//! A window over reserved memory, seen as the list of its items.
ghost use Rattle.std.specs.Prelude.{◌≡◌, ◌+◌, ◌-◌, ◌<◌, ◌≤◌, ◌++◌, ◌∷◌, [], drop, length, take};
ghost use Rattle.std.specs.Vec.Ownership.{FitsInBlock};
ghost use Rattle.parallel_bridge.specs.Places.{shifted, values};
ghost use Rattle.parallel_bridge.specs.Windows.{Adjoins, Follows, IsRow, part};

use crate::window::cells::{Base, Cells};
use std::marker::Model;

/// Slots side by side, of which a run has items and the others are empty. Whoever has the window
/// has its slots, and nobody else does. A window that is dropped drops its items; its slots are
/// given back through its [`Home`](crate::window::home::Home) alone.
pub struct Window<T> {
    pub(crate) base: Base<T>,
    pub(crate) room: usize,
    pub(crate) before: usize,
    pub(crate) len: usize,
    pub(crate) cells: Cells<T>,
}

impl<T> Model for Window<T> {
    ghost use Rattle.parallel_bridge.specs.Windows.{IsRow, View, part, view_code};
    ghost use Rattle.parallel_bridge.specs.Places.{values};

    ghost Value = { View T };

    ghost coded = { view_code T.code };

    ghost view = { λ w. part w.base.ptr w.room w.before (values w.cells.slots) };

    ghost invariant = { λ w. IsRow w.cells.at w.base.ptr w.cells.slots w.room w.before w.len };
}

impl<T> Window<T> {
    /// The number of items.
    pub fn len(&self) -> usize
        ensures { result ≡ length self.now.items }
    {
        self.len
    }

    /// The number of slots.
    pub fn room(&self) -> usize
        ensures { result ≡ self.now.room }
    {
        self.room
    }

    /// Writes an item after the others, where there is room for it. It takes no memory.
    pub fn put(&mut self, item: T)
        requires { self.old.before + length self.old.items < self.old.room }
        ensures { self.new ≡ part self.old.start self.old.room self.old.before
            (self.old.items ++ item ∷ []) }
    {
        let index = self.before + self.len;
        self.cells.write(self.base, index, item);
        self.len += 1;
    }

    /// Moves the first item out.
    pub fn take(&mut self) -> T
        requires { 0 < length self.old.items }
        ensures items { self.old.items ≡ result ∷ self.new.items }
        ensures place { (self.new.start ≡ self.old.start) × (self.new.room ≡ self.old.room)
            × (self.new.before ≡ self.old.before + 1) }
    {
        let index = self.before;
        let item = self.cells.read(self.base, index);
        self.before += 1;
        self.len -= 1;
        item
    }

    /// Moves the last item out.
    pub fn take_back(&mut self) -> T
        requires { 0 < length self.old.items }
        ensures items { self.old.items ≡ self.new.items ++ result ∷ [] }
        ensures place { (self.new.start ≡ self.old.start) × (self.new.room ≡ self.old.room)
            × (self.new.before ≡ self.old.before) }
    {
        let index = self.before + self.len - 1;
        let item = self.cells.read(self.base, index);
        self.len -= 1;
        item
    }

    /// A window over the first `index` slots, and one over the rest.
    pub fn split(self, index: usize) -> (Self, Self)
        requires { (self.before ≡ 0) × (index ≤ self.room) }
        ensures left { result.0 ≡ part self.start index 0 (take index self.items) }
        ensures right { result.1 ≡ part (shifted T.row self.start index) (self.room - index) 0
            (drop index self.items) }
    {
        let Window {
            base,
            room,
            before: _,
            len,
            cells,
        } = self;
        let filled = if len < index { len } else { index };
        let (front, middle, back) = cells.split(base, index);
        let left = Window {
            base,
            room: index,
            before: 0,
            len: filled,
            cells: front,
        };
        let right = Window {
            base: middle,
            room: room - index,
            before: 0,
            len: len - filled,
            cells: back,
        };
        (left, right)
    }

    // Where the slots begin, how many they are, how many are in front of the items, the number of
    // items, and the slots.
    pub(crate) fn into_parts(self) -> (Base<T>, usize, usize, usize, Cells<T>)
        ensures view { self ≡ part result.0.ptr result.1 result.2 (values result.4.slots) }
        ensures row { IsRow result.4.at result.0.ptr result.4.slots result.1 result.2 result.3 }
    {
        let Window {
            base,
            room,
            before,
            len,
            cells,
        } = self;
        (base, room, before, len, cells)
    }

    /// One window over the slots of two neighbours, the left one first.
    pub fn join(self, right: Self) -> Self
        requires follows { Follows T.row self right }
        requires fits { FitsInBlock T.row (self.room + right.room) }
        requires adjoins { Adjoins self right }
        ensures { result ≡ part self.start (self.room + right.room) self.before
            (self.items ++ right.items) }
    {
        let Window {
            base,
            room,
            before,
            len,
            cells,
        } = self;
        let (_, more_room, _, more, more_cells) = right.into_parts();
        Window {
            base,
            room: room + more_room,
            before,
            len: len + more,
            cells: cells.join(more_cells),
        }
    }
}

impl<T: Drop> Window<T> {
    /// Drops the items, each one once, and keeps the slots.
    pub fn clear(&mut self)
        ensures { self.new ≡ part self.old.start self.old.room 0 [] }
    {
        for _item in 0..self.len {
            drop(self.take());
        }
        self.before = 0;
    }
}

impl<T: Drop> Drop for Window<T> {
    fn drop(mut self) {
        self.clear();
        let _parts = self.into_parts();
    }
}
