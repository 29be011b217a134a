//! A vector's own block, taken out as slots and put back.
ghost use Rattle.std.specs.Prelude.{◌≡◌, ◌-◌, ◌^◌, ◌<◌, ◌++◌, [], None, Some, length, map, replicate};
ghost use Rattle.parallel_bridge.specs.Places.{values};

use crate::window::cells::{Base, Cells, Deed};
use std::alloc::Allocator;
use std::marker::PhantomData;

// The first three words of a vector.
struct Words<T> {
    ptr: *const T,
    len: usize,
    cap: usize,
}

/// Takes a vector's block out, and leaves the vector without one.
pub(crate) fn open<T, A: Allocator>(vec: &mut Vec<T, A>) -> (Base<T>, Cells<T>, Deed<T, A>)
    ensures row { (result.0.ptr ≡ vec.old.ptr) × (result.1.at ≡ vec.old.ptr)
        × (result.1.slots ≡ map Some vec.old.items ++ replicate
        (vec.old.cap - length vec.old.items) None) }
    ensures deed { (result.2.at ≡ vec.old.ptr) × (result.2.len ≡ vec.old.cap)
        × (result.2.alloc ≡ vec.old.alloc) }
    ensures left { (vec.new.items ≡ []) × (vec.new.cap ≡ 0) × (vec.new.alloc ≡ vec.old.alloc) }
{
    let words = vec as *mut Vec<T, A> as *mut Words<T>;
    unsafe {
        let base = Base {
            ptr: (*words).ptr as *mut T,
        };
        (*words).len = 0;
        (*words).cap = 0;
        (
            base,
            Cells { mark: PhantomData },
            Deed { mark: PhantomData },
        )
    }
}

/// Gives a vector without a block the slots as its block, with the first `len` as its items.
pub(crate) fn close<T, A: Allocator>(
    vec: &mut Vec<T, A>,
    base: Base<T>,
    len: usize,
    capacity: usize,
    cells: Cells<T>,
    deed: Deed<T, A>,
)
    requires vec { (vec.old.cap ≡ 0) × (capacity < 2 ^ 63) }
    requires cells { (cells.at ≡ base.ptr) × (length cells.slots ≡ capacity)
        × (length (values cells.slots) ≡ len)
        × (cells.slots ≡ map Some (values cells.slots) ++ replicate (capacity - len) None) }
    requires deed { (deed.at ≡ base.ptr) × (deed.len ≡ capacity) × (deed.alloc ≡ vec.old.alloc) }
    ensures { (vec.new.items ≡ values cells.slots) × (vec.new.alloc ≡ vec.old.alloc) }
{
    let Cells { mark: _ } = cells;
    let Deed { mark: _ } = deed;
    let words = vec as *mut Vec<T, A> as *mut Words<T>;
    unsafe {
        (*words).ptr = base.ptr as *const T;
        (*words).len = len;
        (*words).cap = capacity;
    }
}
####
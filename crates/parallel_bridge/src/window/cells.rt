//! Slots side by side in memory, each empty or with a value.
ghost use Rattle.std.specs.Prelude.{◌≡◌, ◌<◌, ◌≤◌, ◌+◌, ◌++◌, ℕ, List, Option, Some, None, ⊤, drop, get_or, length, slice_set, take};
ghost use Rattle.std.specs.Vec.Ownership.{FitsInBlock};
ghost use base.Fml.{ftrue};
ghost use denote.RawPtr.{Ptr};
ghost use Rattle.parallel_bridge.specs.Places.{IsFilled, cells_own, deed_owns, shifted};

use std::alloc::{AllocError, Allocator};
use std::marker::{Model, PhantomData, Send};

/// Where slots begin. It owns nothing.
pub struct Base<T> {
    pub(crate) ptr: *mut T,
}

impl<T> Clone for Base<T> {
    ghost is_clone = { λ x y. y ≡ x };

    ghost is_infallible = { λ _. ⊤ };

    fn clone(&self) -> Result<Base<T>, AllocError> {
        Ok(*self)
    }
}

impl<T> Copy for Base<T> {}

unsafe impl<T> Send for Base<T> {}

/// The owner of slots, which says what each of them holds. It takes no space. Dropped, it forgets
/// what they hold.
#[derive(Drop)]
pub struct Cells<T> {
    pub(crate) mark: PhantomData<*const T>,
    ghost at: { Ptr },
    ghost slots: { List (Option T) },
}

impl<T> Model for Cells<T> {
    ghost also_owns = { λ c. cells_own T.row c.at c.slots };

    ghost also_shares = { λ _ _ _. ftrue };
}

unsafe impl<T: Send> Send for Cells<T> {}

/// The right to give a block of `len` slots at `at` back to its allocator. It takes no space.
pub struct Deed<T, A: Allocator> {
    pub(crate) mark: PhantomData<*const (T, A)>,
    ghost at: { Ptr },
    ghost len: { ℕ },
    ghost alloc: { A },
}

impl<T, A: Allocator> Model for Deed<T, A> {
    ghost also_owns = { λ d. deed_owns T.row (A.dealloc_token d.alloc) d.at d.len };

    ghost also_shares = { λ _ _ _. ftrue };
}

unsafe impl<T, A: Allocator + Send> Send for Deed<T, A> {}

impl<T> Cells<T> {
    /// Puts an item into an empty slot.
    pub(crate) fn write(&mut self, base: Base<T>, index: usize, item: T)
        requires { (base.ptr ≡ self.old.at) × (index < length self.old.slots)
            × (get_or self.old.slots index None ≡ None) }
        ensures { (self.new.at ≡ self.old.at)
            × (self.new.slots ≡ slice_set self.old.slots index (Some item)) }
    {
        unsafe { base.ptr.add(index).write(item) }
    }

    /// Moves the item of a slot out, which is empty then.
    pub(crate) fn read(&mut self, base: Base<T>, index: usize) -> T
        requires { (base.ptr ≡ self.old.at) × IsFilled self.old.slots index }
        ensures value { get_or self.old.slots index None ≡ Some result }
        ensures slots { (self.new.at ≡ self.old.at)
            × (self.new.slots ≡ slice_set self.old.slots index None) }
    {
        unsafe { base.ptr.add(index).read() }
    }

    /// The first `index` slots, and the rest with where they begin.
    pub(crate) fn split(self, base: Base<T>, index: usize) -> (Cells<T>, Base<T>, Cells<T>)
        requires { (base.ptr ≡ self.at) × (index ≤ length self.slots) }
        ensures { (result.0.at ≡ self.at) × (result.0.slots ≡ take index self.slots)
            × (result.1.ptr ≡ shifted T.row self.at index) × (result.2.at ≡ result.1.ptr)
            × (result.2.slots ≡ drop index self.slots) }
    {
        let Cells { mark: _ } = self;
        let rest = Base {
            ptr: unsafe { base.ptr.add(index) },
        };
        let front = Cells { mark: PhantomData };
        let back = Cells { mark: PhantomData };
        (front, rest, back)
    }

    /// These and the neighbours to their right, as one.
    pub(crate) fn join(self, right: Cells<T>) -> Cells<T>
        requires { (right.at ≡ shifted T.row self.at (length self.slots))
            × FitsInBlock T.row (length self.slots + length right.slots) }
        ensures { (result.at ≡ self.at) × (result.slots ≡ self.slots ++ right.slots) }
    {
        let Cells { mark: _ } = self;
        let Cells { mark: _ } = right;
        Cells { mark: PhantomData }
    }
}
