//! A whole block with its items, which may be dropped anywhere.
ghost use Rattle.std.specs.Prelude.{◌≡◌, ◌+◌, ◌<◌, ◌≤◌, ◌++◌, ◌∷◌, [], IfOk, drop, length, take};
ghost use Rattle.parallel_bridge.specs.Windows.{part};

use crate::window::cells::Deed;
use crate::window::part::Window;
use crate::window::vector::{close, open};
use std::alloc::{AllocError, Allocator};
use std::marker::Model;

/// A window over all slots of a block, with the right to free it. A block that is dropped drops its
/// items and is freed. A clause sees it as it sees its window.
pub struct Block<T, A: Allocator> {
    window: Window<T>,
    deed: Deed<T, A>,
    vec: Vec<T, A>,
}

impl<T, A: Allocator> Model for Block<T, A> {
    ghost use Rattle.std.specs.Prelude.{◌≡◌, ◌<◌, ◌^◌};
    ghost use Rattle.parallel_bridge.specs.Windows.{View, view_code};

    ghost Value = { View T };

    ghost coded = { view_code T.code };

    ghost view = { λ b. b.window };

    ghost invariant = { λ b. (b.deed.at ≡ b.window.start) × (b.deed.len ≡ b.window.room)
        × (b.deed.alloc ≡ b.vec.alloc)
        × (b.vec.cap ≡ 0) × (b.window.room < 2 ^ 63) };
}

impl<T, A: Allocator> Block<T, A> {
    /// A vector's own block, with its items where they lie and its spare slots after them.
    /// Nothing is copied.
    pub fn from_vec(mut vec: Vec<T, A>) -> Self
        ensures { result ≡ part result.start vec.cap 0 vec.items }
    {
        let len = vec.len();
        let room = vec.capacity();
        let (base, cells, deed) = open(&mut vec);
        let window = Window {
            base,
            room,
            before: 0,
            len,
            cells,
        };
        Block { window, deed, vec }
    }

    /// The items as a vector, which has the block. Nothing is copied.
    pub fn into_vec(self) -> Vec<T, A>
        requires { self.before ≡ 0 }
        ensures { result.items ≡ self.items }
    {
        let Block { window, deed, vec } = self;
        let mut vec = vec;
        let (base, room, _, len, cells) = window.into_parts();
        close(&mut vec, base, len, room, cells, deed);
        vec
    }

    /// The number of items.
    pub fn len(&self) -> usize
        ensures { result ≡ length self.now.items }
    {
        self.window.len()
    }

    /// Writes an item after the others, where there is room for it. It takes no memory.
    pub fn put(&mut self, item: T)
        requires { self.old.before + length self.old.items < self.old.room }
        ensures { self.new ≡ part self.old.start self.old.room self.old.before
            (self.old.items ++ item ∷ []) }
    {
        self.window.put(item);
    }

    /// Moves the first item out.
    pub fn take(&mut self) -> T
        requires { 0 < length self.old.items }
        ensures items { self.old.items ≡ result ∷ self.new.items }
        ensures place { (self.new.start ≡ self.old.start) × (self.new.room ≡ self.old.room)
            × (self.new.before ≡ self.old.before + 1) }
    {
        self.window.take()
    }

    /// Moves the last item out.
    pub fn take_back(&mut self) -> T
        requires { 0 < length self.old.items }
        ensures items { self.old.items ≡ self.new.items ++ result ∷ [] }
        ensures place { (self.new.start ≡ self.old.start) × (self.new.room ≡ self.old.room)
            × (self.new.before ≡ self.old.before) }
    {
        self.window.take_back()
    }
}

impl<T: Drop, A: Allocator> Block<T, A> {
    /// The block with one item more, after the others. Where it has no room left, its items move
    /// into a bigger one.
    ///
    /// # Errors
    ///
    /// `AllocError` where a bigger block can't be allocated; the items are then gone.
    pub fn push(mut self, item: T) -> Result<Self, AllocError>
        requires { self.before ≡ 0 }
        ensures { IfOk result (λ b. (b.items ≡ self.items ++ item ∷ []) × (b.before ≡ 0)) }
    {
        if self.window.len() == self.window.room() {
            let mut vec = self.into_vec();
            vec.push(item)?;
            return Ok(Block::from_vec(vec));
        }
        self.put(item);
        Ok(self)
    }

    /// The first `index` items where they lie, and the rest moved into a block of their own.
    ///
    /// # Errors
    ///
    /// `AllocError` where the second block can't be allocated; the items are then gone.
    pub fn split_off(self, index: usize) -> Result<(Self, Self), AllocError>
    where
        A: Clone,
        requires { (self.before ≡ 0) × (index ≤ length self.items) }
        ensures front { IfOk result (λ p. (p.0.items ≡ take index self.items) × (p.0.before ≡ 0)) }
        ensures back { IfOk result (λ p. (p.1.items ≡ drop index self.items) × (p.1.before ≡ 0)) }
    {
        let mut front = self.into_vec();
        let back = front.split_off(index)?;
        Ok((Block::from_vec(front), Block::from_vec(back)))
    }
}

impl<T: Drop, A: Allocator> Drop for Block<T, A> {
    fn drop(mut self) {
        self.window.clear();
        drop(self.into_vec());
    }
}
####
◆ Problem to solve ◆
Select all lines with the word "neighbours" from the entries above.

◆ Reply to the task ◆
    /// One window over the slots of two neighbours, the left one first.
    /// These and the neighbours to their right, as one.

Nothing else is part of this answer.